/// A node from a number on, and arenas that grow.
pub fn arenas_that_grow()
    ensures from_it { HoldsFrom 1 (Column (codes "a") ∷ Column (codes "b") ∷ []) 1 (ColumnOp (codes "b")) [] }
    ensures not_from_it { AllByRecursion {X = ℕ × List ℕ} (λ c. ¬ (HoldsFrom c.0 (Column (codes "a") ∷ Column (codes "b") ∷ []) 1 (ColumnOp c.1) [])) ((2, codes "b") ∷ (1, codes "a") ∷ []) }
    ensures grown { AllByRecursion (Grows {T = ℕ} (1 ∷ [])) ((1 ∷ []) ∷ (1 ∷ 2 ∷ []) ∷ []) }
    ensures not_grown { AllByRecursion {X = List ℕ × List ℕ} (λ c. ¬ (Grows {T = ℕ} c.0 c.1)) ((1 ∷ 2 ∷ [], 1 ∷ []) ∷ (1 ∷ [], 2 ∷ 1 ∷ []) ∷ (1 ∷ [], 3 ∷ 2 ∷ []) ∷ []) }
{}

* ACTIVITY *
Produce the entries above once more, identical in every detail.

* RESPONSE TO THIS EXERCISE *
/// A node from a number on, and arenas that grow.
pub fn arenas_that_grow()
    ensures from_it { HoldsFrom 1 (Column (codes "a") ∷ Column (codes "b") ∷ []) 1 (ColumnOp (codes "b")) [] }
    ensures not_from_it { AllByRecursion {X = ℕ × List ℕ} (λ c. ¬ (HoldsFrom c.0 (Column (codes "a") ∷ Column (codes "b") ∷ []) 1 (ColumnOp c.1) [])) ((2, codes "b") ∷ (1, codes "a") ∷ []) }
    ensures grown { AllByRecursion (Grows {T = ℕ} (1 ∷ [])) ((1 ∷ []) ∷ (1 ∷ 2 ∷ []) ∷ []) }
    ensures not_grown { AllByRecursion {X = List ℕ × List ℕ} (λ c. ¬ (Grows {T = ℕ} c.0 c.1)) ((1 ∷ 2 ∷ [], 1 ∷ []) ∷ (1 ∷ [], 2 ∷ 1 ∷ []) ∷ (1 ∷ [], 3 ∷ 2 ∷ []) ∷ []) }
{}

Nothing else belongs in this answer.